→ YOUR TASK
Return the lines below in which the string "StoredOffsets" occurs.

(Recorded data)
****
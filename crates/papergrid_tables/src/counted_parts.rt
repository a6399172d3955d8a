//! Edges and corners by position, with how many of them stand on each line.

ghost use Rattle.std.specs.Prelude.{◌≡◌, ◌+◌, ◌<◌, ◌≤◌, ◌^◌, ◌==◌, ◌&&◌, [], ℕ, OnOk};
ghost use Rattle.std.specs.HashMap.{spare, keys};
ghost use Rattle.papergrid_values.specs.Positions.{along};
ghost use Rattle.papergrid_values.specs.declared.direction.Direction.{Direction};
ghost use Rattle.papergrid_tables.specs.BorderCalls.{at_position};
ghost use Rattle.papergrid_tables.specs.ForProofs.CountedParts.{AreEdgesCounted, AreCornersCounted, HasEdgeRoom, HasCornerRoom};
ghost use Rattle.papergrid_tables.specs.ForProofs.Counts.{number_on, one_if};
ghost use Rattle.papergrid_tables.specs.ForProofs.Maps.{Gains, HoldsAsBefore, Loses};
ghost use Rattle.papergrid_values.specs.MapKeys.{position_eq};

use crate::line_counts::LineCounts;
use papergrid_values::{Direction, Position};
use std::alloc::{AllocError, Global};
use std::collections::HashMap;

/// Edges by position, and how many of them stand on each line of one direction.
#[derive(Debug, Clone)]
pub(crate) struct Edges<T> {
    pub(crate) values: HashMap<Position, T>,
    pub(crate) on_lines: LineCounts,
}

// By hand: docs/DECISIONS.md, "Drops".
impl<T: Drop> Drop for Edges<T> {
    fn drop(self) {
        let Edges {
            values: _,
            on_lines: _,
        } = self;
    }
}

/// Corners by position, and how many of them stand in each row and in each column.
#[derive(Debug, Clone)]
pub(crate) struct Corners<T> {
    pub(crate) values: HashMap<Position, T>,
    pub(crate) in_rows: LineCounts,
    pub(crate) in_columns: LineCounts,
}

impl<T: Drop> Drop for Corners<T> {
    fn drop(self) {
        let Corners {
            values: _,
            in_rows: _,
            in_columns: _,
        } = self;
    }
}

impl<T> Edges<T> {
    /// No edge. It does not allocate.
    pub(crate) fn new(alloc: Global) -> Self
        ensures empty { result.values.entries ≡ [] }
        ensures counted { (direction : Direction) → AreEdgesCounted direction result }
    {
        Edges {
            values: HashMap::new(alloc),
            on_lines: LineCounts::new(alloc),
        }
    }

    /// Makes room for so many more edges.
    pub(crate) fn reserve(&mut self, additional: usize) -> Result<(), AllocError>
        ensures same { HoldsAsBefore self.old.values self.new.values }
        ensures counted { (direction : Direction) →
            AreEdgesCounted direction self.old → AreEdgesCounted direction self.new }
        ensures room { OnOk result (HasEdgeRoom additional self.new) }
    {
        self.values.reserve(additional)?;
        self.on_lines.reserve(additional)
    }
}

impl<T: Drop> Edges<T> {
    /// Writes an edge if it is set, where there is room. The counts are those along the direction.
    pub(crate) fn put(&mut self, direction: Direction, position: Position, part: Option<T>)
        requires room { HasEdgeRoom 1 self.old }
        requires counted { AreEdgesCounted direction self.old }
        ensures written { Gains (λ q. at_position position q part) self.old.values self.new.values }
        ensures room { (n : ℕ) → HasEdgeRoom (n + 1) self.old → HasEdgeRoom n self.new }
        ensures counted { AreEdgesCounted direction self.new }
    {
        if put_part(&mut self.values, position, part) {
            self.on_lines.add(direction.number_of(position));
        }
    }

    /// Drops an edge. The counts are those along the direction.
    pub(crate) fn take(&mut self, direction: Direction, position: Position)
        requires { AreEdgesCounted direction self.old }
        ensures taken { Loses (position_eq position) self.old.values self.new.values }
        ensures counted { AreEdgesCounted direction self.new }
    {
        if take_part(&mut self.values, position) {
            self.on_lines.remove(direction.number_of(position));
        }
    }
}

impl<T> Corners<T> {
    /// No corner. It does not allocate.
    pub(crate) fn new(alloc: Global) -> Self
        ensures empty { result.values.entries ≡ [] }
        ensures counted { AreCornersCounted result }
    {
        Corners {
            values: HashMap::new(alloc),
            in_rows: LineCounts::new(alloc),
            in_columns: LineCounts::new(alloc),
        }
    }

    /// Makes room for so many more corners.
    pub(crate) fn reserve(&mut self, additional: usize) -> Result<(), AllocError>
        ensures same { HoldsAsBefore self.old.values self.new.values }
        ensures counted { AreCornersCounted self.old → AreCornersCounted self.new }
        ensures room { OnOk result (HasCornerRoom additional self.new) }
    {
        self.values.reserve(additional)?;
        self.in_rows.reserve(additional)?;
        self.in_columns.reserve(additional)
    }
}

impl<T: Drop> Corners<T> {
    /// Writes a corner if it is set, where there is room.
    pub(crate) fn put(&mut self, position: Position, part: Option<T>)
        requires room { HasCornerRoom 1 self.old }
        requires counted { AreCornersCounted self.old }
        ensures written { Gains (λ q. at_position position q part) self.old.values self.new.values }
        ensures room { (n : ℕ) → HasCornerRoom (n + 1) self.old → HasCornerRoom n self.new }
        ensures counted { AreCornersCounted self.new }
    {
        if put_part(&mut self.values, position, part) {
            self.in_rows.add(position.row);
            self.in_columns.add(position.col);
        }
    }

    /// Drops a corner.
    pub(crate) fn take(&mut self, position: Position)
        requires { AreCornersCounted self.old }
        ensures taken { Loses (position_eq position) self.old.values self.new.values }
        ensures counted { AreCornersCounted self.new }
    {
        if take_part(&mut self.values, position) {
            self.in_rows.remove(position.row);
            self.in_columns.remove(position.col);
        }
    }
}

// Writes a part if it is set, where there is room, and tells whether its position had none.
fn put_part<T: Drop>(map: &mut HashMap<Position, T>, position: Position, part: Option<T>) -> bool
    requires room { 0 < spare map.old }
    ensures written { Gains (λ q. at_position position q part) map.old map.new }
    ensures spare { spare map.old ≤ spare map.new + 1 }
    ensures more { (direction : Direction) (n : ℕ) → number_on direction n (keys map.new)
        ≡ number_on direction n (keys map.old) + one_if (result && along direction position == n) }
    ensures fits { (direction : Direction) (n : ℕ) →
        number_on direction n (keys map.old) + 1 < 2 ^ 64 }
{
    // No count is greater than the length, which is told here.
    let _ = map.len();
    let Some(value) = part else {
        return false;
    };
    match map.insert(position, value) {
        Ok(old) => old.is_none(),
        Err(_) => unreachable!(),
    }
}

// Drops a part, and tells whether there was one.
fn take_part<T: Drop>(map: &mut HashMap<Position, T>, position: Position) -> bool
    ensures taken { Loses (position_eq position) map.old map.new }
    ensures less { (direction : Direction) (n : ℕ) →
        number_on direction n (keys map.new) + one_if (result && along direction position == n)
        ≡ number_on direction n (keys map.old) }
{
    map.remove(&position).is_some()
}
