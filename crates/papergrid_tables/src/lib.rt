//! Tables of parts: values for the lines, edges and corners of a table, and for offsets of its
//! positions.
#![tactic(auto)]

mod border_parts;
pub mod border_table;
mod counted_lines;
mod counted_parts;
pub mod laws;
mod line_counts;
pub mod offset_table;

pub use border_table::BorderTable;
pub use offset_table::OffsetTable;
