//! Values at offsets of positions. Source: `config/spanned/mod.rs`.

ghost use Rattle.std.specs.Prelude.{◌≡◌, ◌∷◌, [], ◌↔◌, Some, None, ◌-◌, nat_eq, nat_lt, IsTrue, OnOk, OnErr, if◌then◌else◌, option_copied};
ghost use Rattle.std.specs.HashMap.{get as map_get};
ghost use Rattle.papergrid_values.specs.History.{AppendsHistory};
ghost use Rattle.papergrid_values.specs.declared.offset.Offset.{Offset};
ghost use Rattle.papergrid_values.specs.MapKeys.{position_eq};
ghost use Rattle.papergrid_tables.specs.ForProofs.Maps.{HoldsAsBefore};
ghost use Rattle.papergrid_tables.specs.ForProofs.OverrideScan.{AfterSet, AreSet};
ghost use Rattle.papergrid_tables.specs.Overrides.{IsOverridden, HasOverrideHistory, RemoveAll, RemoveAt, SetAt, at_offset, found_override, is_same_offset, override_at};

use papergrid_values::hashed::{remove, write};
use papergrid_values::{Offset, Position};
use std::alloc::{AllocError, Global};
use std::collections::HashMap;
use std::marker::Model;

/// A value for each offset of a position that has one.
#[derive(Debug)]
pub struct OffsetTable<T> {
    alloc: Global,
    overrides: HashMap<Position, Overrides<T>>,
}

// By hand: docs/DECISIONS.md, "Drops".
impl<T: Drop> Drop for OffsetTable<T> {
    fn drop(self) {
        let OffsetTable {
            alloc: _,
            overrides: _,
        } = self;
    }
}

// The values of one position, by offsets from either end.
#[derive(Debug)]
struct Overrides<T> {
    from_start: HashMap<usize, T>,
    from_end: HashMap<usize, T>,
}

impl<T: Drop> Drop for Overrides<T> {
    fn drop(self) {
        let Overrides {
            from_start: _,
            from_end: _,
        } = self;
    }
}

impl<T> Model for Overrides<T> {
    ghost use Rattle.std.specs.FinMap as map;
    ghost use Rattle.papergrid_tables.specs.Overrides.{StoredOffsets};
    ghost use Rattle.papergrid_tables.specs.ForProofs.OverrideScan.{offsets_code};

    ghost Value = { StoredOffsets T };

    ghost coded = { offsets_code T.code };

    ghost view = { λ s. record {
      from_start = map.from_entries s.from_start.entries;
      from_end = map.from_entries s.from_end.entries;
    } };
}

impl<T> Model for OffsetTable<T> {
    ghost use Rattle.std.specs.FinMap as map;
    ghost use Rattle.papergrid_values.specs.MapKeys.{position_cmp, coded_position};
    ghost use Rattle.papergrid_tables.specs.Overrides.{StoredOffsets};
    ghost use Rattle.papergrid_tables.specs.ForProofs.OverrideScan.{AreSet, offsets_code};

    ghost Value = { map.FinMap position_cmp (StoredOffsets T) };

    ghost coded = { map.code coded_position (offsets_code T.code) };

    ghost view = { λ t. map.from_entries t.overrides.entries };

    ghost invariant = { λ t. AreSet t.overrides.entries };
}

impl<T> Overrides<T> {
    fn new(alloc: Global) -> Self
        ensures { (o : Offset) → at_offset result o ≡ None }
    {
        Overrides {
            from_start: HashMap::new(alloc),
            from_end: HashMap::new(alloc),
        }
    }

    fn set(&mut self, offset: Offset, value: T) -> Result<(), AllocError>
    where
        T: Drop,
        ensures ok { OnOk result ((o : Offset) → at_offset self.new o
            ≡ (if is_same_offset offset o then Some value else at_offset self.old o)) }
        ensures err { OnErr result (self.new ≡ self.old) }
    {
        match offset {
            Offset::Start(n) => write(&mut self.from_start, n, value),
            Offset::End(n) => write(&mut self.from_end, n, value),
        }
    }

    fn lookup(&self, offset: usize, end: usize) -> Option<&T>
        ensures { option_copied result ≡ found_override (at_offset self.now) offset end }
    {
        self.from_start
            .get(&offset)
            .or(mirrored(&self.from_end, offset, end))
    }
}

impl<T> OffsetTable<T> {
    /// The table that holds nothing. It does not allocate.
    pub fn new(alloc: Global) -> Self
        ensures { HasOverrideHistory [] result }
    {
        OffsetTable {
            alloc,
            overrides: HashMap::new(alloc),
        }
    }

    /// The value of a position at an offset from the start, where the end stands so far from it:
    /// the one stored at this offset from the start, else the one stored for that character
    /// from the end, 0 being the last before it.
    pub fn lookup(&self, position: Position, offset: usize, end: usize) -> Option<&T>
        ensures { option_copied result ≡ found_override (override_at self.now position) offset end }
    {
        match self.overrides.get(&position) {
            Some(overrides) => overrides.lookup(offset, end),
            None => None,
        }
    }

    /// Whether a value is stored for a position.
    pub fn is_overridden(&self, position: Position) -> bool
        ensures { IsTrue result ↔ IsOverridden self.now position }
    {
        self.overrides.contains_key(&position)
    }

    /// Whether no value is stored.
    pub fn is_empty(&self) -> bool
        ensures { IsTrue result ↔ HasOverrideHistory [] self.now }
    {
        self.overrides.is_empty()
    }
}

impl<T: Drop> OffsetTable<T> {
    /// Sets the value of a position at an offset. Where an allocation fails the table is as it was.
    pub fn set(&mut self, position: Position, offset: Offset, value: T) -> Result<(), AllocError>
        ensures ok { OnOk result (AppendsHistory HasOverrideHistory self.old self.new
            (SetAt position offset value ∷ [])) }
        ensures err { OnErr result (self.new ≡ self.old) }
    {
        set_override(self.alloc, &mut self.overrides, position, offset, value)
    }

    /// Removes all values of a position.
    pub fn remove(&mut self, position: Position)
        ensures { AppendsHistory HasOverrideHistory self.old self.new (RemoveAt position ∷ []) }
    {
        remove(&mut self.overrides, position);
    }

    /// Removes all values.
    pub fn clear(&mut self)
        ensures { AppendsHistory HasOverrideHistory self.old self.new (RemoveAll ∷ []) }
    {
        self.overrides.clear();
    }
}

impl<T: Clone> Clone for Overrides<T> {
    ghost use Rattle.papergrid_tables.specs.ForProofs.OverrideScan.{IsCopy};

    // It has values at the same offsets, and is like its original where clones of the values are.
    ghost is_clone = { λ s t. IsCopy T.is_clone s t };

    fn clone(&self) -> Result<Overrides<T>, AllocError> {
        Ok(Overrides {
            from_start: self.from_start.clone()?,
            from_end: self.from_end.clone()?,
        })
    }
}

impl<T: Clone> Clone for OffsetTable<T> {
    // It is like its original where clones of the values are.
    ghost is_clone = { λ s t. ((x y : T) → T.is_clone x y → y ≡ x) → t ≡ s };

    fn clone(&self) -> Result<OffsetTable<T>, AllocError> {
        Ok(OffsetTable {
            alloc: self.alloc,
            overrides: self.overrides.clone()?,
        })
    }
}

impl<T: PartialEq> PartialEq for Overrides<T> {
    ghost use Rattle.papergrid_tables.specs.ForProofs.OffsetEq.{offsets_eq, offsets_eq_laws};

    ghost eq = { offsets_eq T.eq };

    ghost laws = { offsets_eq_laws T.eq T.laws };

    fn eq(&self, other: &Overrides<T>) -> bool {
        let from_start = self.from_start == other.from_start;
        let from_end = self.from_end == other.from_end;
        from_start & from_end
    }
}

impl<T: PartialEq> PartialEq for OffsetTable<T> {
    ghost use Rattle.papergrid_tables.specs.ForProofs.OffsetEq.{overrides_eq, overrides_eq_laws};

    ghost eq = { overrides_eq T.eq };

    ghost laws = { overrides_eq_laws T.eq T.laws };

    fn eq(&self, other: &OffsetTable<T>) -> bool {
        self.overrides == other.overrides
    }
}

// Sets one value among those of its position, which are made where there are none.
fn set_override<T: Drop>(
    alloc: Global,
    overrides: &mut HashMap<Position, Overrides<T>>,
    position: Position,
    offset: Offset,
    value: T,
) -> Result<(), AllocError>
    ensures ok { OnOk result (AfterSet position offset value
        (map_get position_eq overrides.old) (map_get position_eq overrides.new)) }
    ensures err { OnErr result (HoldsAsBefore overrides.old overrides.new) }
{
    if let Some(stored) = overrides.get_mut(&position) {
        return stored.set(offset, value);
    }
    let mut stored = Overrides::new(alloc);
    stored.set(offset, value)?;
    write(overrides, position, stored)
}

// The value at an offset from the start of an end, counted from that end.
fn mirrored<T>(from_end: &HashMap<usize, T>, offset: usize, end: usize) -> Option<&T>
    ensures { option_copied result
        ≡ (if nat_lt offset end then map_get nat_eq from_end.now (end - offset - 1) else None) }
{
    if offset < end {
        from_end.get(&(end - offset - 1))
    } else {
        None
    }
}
****
→ TASK ANSWER
    ghost use Rattle.papergrid_tables.specs.Overrides.{StoredOffsets};
    ghost Value = { StoredOffsets T };
    ghost use Rattle.papergrid_tables.specs.Overrides.{StoredOffsets};
    ghost Value = { map.FinMap position_cmp (StoredOffsets T) };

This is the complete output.